The peat that is still in process of formation in the bogs of Ireland, may be described as a poor kind of coal that only requires subjecting to heavy pressure to produce a fuel equal in value to many of the lignites, an event that may occur by ordinary natural causes in the course of time. Thus we see that nature has provided us with a vast number of beds of fuel extending from the Devonian Age up to the present time; and these vary in strucure [sic] and appearance from the peat and the soft and earthy peat coals the paper coals occurring in thin yellow grey layers like compressed leaves of paper, to those lignites having a distinctly woody appearance, and hence termed “wood” or “board coal,” and to others as hard and black as true coal and known as “stone” coal, so that it is impossible to tell by simple inspection whether some of these hard black fuels be true coal or merely superior lignite, some of the latter being far superior as fuels to many of the poorer coals.

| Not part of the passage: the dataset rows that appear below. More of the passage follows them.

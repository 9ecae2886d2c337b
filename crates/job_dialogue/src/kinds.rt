// What a command does for a dialogue, by its form and its word.

ghost use Rattle.job_dialogue.specs.Dialogue.{IsPieceRead};
ghost use Rattle.job_dialogue.specs.Kinds.{begins_with, is_shorthand, is_symbol, is_text, kind_by, kind_of, option_kind, reading_of, said_kind, success_kind};
ghost use Rattle.smt_commands.specs.Commands.{keyword_of};
ghost use Rattle.smt_commands.specs.Views.{form_of, now_of, saying_of, symbol_is};
ghost use Rattle.smt_lists.specs.Expressions.{expr};
ghost use Rattle.std.specs.Option.{option_map};
ghost use Rattle.std.specs.Prelude.{◌≡◌, IfOk, map};

use linear_term::Memory;
use smt_commands::{Command, Name, Saying, members, place, read_command, symbol};
use smt_lists::{AtomKind, ReadRefusal, Sexp, lists};
use std::alloc::Global;

/// What a command does for a dialogue.
#[derive(Clone, Copy, Debug, PartialEq, Eq)]
pub enum Kind {
    /// A declaration, a definition or an assertion, which is kept where it is accepted.
    Keeps,
    /// A check.
    Asks,
    /// It asks for something of the last check: its model, values there, or why its answer is unknown.
    Shows,
    /// This many levels more.
    Opens(u128),
    /// This many levels fewer.
    Leaves(u128),
    /// Nothing before counts any longer.
    Restarts,
    /// The dialogue ends.
    Ends,
    /// Whether commands are answered by `success` from here on.
    Succeeds(bool),
    /// It asks what is done after an error.
    Behaves,
    /// All the rest, which the script judges.
    Says,
}

/// Where the list of a piece begins, and what it does.
#[derive(Clone, Copy, Debug, PartialEq, Eq)]
pub struct Reading {
    pub start: u64,
    pub kind: Kind,
}

/// How a piece is read: where it is not one list, the script judges all of it.
pub(crate) fn read(alloc: Global, piece: &[u8]) -> Result<Reading, Memory>
    ensures { IfOk result (λ reading. IsPieceRead piece.now reading) }
{
    match lists(alloc, piece) {
        Ok(found) => Ok(reading_of(found.as_slice())),
        Err(ReadRefusal::Memory) => Err(Memory),
        Err(ReadRefusal::Syntax(_) | ReadRefusal::Deep(_)) => Ok(judged()),
    }
}

/// That the script judges all of a piece.
fn judged() -> Reading
    ensures { result ≡ record { start = 0; kind = Kind.Says } }
{
    Reading {
        start: 0,
        kind: Kind::Says,
    }
}

/// How these lists are read.
fn reading_of(found: &[Sexp]) -> Reading
    ensures { result ≡ reading_of (map expr found.now) }
{
    let [list] = found else {
        return judged();
    };
    let Some(items) = members(list) else {
        return judged();
    };
    Reading {
        start: place(list),
        kind: kind_of(items),
    }
}

/// What a list of these members does.
fn kind_of(items: &[Sexp]) -> Kind
    ensures { result ≡ kind_of (map expr items.now) }
{
    kind_by(items, read_command(items))
}

/// What it does, where it is this command.
fn kind_by(items: &[Sexp], command: Option<Command<'_>>) -> Kind
    ensures { result ≡ kind_by (map expr items.now) (option_map form_of command.entry) }
{
    match command {
        None => {
            if is_shorthand(items) {
                Kind::Keeps
            } else {
                Kind::Says
            }
        }
        Some(Command::Declare(_, _, _)) => Kind::Keeps,
        Some(Command::Define(_, _, _, _)) => Kind::Keeps,
        Some(Command::Assert(_)) => Kind::Keeps,
        Some(Command::CheckSat(_)) => Kind::Asks,
        Some(Command::Push(levels)) => Kind::Opens(levels),
        Some(Command::Pop(levels)) => Kind::Leaves(levels),
        Some(Command::Reset) => Kind::Restarts,
        Some(Command::Exit) => Kind::Ends,
        Some(Command::Say(saying)) => said_kind(saying),
        Some(Command::Skip) => option_kind(items),
    }
}

/// What a command does that only says something: some of what is said speaks of the last check.
fn said_kind(saying: Saying<'_>) -> Kind
    ensures { result ≡ said_kind (saying_of saying.entry) }
{
    match saying {
        Saying::AfterError => Kind::Behaves,
        Saying::Echoed(_) => Kind::Says,
        Saying::Program => Kind::Says,
        Saying::Version => Kind::Says,
        Saying::Authors => Kind::Says,
        Saying::Unsupported => Kind::Says,
        Saying::Reason => Kind::Shows,
        Saying::Model => Kind::Shows,
        Saying::Values(_) => Kind::Shows,
    }
}

/// What a command without effect does: `set-option` with `:print-success` says whether commands are answered by `success`.
fn option_kind(items: &[Sexp]) -> Kind
    ensures { result ≡ option_kind (map expr items.now) }
{
    let Some((word, behind)) = items.split_first() else {
        return Kind::Says;
    };
    let Some((option, behind)) = behind.split_first() else {
        return Kind::Says;
    };
    let Some((value, _)) = behind.split_first() else {
        return Kind::Says;
    };
    if is_symbol(symbol(word), b"set-option") && is_text(keyword(option), b":print-success") {
        return success_kind(symbol(value));
    }
    Kind::Says
}

/// What `:print-success` with this value does.
fn success_kind(value: Option<Name<'_>>) -> Kind
    ensures { result ≡ success_kind (option_map symbol_is value.entry) }
{
    if is_symbol(value, b"true") {
        return Kind::Succeeds(true);
    }
    if is_symbol(value, b"false") {
        return Kind::Succeeds(false);
    }
    Kind::Says
}

/// Whether it is short for declarations, definitions and assertions.
fn is_shorthand(items: &[Sexp]) -> bool
    ensures { result ≡ is_shorthand (map expr items.now) }
{
    begins_with(items, b"define-sort")
        || begins_with(items, b"define-fun-rec")
        || begins_with(items, b"define-funs-rec")
}

/// Whether the first of these is this symbol.
fn begins_with(items: &[Sexp], word: &[u8]) -> bool
    ensures { result ≡ begins_with (map expr items.now) word.now }
{
    match items.split_first() {
        Some((head, _)) => is_symbol(symbol(head), word),
        None => false,
    }
}

/// Whether it is a symbol with this text.
fn is_symbol(name: Option<Name<'_>>, text: &[u8]) -> bool
    ensures { result ≡ is_symbol (option_map symbol_is name.entry) text.now }
{
    match name {
        Some(name) => name.text == text,
        None => false,
    }
}

/// Whether it is this text.
fn is_text(found: Option<&[u8]>, text: &[u8]) -> bool
    ensures { result ≡ is_text (option_map now_of found.entry) text.now }
{
    match found {
        Some(found) => found == text,
        None => false,
    }
}

/// The keyword that an S-expression is.
#[tactic(auto, using(smt_commands::proofs::Forms::views))]
fn keyword(e: &Sexp) -> Option<&[u8]>
    ensures exact { option_map now_of result ≡ keyword_of (expr e.now) }
{
    match e {
        Sexp::Atom(a) => match &a.kind {
            AtomKind::Keyword(text) => Some(text.as_slice()),
            AtomKind::Symbol(_)
            | AtomKind::Numeral(_)
            | AtomKind::LargeNumeral
            | AtomKind::Decimal
            | AtomKind::Hash
            | AtomKind::StringLiteral(_) => None,
        },
        Sexp::List(_, _) => None,
    }
}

Consequently difficulties arise as to the exact definition of coal, the engineer, the manufacturer, the merchant, being only interested in these fuels as far as their economic value is concerned, whilst the geologist classifies them according to their derivation, which led to some curious evidence being brought forward in the remarkable case which was tried in 1853, at Edinburgh, before the Lord Chief Justice and a special jury to settle the question, What it] coal?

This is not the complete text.